What this task involves: Locate the line bearing "outbox = outbox;" in the material below, then reproduce it and each following line up to and including the line bearing "(λ fit. Joins".

Input material:
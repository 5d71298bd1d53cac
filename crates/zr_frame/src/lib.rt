//! Frames and fragments of a session: which frame numbers are accepted, how the pieces of a message are joined, and how
//! messages are packed into batches. What the messages say is not known here, and neither is how a session opens.
#![tactic(auto)]

mod channel;
mod channels;
mod counter;
mod laws;
mod outbox;
mod packer;

pub use channel::{Channel, ChannelError};
pub use channels::Channels;
pub use counter::{Counter, modulus};
pub use laws::{packed_messages_are_received, parcels_are_short};
pub use outbox::{LEAST_BATCH, Outbox};
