//! The pending requests of one router: who asked each request that was passed on, and the links that have not finished it.
//! For requests for the latest replies alone it holds these. Which of two replies is the later one isn't known here.
#![tactic(auto)]

pub mod gathering;
mod gatherings;
pub mod pending;
pub mod replies;
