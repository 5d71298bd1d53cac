//! Batches as they are packed.

ghost use Rattle.std.specs.Prelude.{◌≡◌, ◌++◌, ◌≤◌, ℕ, List, [], ◌∷◌, true, None, length, nat_le, if◌then◌else◌, IfOk, OnOk, OnErr};
ghost use Rattle.std.specs.Option.{option_copied};
ghost use Rattle.zr_trans.specs.Writing.{writes_trans, Fits};
ghost use Rattle.zr_trans.specs.declared.trans.Trans.TheVariants.{Frame, Fragment};
ghost use Rattle.zr_frame.specs.Packing.{closed, fragments};
ghost use Rattle.zr_frame.specs.Packer.{with_batch, behind, on_the_way, Extends, Joins, Cuts};

use crate::outbox::Outbox;
use std::alloc::{AllocError, Global};
use std::marker::Model;
use zr_bytes::ByteString;
use zr_trans::{Trans, write_trans};

/// Contracts see the batches that are whole, the outbox behind them, and the frame that has begun.
#[derive(Drop)]
pub(crate) struct Packer {
    outbox: Outbox,
    frame: Option<ByteString>,
    batches: Vec<ByteString>,
}

impl Model for Packer {
    ghost use Rattle.std.specs.Prelude.{◌≡◌};
    ghost use Rattle.zr_frame.specs.Packer.{PackerState};

    ghost Value = { PackerState };

    ghost view = { λ p. record { outbox = p.outbox; frame = p.frame; batches = p.batches.items } };
}

impl Packer {
    pub(crate) fn new(alloc: Global, outbox: Outbox) -> Packer
        ensures { result ≡ record { outbox = outbox; frame = None; batches = [] } }
    {
        Packer {
            outbox,
            frame: None,
            batches: Vec::new(alloc),
        }
    }

    /// Takes messages in order.
    pub(crate) fn add_all(
        &mut self,
        alloc: Global,
        messages: &[ByteString],
    ) -> Result<(), AllocError>
        ensures { OnOk result (on_the_way self.new [] ≡ on_the_way self.old messages.now) }
    {
        for message in messages {
            self.add(alloc, message.as_slice())?;
        }
        Ok(())
    }

    /// Takes one message, whatever follows it.
    fn add(&mut self, alloc: Global, message: &[u8]) -> Result<(), AllocError>
        ensures { OnOk result ((rest : List (List ℕ)) → on_the_way self.new rest ≡ on_the_way self.old (message.now ∷ rest)) }
    {
        if self.join(alloc, message)? {
            return Ok(());
        }
        self.close()?;
        if self.join(alloc, message)? {
            return Ok(());
        }
        self.split(alloc, message)
    }

    /// Puts a message into the frame that has begun, or into a new one, where it fits.
    fn join(&mut self, alloc: Global, message: &[u8]) -> Result<bool, AllocError>
        ensures { IfOk result (λ fit. Joins fit message.now self.old self.new) }
    {
        join(alloc, &self.outbox, &mut self.frame, message)
    }

    /// Ends the frame that has begun, if one has.
    fn close(&mut self) -> Result<(), AllocError>
        ensures { OnOk result (self.new ≡ behind self.old (closed self.old.outbox self.old.frame)) }
    {
        match self.frame.take() {
            Some(frame) => self.put(frame),
            None => Ok(()),
        }
    }

    /// Sends a message that fits no frame in fragments.
    fn split(&mut self, alloc: Global, message: &[u8]) -> Result<(), AllocError>
        requires { self.old.frame ≡ None }
        ensures { OnOk result (self.new ≡ behind self.old (fragments (length message.now) self.old.outbox message.now)) }
    {
        let mut rest = Some(message);
        'pieces: while let Some(bytes) = rest {
            rest = self.cut(alloc, bytes)?;
        }
        Ok(())
    }

    /// Sends one fragment, and gives what it has no room for.
    fn cut<'a>(&mut self, alloc: Global, message: &'a [u8]) -> Result<Option<&'a [u8]>, AllocError>
        ensures { IfOk result (λ rest. Cuts (option_copied rest) message.now self.old self.new) }
    {
        let number = self.outbox.next();
        let parcel = fragment_head(alloc, true, number)?;
        let room = usize::from(self.outbox.batch()) - parcel.as_slice().len();
        if message.len() <= room {
            let last = fragment_head(alloc, false, number)?;
            self.put_fragment(last, message)?;
            return Ok(None);
        }
        let (piece, rest) = message.split_at(room);
        self.put_fragment(parcel, piece)?;
        Ok(Some(rest))
    }

    fn put_fragment(&mut self, mut head: ByteString, piece: &[u8]) -> Result<(), AllocError>
        ensures { OnOk result (self.new ≡ with_batch self.old (head ++ piece.now)) }
    {
        head.append(piece)?;
        self.put(head)
    }

    /// A batch is whole.
    fn put(&mut self, batch: ByteString) -> Result<(), AllocError>
        ensures { OnOk result (self.new ≡ with_batch self.old batch) }
    {
        self.batches.push(batch)?;
        self.outbox.advance();
        Ok(())
    }

    /// Ends the frame that has begun and hands all batches out, with the outbox behind them.
    #[tactic(auto, unfolding(crate::specs::Packing::packed))]
    pub(crate) fn finish(mut self, out: &mut Vec<ByteString>) -> Result<Outbox, AllocError>
        ensures outbox { IfOk result (λ o. o ≡ (on_the_way self []).outbox) }
        ensures batches { OnOk result (out.new.items ≡ out.old.items ++ (on_the_way self []).batches) }
        ensures err { OnErr result (out.new.items ≡ out.old.items) }
    {
        self.close()?;
        out.append(&mut self.batches)?;
        Ok(self.outbox)
    }
}

fn join(
    alloc: Global,
    outbox: &Outbox,
    frame: &mut Option<ByteString>,
    message: &[u8],
) -> Result<bool, AllocError>
    ensures { IfOk result (λ fit. Extends fit outbox.now message.now frame.old frame.new) }
{
    let most = usize::from(outbox.batch());
    match frame {
        Some(bytes) => put_within(bytes, message, most),
        None => {
            let mut bytes = written(
                alloc,
                &Trans::Frame {
                    reliable: true,
                    number: outbox.next(),
                },
            )?;
            let fit = put_within(&mut bytes, message, most)?;
            if fit {
                *frame = Some(bytes);
            }
            Ok(fit)
        }
    }
}

/// Appends a message where there is room for it in so many bytes.
fn put_within(bytes: &mut ByteString, message: &[u8], most: usize) -> Result<bool, AllocError>
    ensures fit { IfOk result (λ fit. fit ≡ nat_le (length (bytes.old ++ message.now)) most) }
    ensures value { IfOk result (λ fit. bytes.new ≡ (if fit then bytes.old ++ message.now else bytes.old)) }
{
    let held = bytes.as_slice().len();
    if held > most || message.len() > most - held {
        return Ok(false);
    }
    bytes.append(message)?;
    Ok(true)
}

/// A fragment without its piece, which stands behind.
fn fragment_head(alloc: Global, more: bool, number: u64) -> Result<ByteString, AllocError>
    ensures value { IfOk result (λ b. b ≡ writes_trans (Fragment true more number [])) }
    ensures short { IfOk result (λ b. length b ≤ 10) }
{
    let piece = ByteString::new(Vec::new(alloc));
    written(
        alloc,
        &Trans::Fragment {
            reliable: true,
            more,
            number,
            piece,
        },
    )
}

fn written(alloc: Global, t: &Trans) -> Result<ByteString, AllocError>
    requires { Fits t.now }
    ensures { IfOk result (λ b. b ≡ writes_trans t.now) }
{
    let mut bytes = Vec::new(alloc);
    write_trans(&mut bytes, t)?;
    Ok(ByteString::new(bytes))
}
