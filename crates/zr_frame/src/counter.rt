//! The frame numbers of one channel.

ghost use Rattle.std.specs.Prelude.{◌≡◌, ◌<◌, ◌≤◌, ◌^◌, ◌==◌, true};
ghost use Rattle.zr_frame.specs.Turn.{Turn, modulus_of, accepts, after};

use std::marker::Model;

/// The modulus of frame numbers, by the two bits of their resolution: 8, 16, 32 or 64 bits.
pub fn modulus(bits: u8) -> u64
    ensures value { result ≡ modulus_of bits }
    ensures range { result ≤ 2 ^ 63 }
{
    match bits {
        0 => 1 << 7,
        1 => 1 << 14,
        2 => 1 << 28,
        _ => 1 << 63,
    }
}

/// Contracts see the modulus and the number that is expected.
#[derive(Drop)]
pub struct Counter {
    modulus: u64,
    next: u64,
}

impl Model for Counter {
    ghost use Rattle.std.specs.Prelude.{◌<◌, ◌≤◌, ◌^◌};
    ghost use Rattle.zr_frame.specs.Turn.{Turn};

    ghost Value = { Turn };

    ghost view = { λ c. record { modulus = c.modulus; next = c.next } };

    ghost invariant = { λ c. (c.next < c.modulus) × (c.modulus ≤ 2 ^ 63) };
}

impl Counter {
    /// A counter that expects `first`, by the two bits of the resolution.
    pub fn new(bits: u8, first: u64) -> Counter
        requires { first < modulus_of bits }
        ensures { result ≡ record { modulus = modulus_of bits; next = first } }
    {
        Counter {
            modulus: modulus(bits),
            next: first,
        }
    }

    /// Whether a frame of this number may come now: it is the one that is expected, or ahead of it by less than half the
    /// modulus.
    pub fn accepts(&self, number: u64) -> bool
        ensures value { result ≡ accepts self.now number }
        ensures range { result ≡ true → number < 2 ^ 63 }
    {
        number < self.modulus
            && (number + self.modulus - self.next) % self.modulus < self.modulus / 2
    }

    /// Whether it is the number that is expected.
    pub fn expects(&self, number: u64) -> bool
        ensures value { result ≡ (self.now.next == number) }
        ensures range { result ≡ true → number < 2 ^ 63 }
    {
        self.next == number
    }

    /// A frame of this number came: the one behind it is expected.
    pub fn pass(&mut self, number: u64)
        requires { number < 2 ^ 63 }
        ensures { self.new ≡ after self.old number }
    {
        self.next = (number + 1) % self.modulus;
    }
}
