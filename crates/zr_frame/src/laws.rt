//! The laws of packing, over definitions alone.

ghost use Rattle.zr_frame.specs.Laws.{ParcelsAreShort, PackedAreReceived};

use zr_trans::written_messages_are_read;

/// Each batch that is packed has at least one byte and at most as many as were agreed.
pub fn parcels_are_short()
    ensures { ParcelsAreShort }
{}

/// What is packed is received by the other end as exactly these messages, in order.
pub fn packed_messages_are_received()
    ensures { PackedAreReceived }
{
    written_messages_are_read();
}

Output of the exercise:
        ensures { result ≡ record { outbox = outbox; frame = None; batches = [] } }
    {
        Packer {
            outbox,
            frame: None,
            batches: Vec::new(alloc),
        }
    }

    /// Takes messages in order.
    pub(crate) fn add_all(
        &mut self,
        alloc: Global,
        messages: &[ByteString],
    ) -> Result<(), AllocError>
        ensures { OnOk result (on_the_way self.new [] ≡ on_the_way self.old messages.now) }
    {
        for message in messages {
            self.add(alloc, message.as_slice())?;
        }
        Ok(())
    }

    /// Takes one message, whatever follows it.
    fn add(&mut self, alloc: Global, message: &[u8]) -> Result<(), AllocError>
        ensures { OnOk result ((rest : List (List ℕ)) → on_the_way self.new rest ≡ on_the_way self.old (message.now ∷ rest)) }
    {
        if self.join(alloc, message)? {
            return Ok(());
        }
        self.close()?;
        if self.join(alloc, message)? {
            return Ok(());
        }
        self.split(alloc, message)
    }

    /// Puts a message into the frame that has begun, or into a new one, where it fits.
    fn join(&mut self, alloc: Global, message: &[u8]) -> Result<bool, AllocError>
        ensures { IfOk result (λ fit. Joins fit message.now self.old self.new) }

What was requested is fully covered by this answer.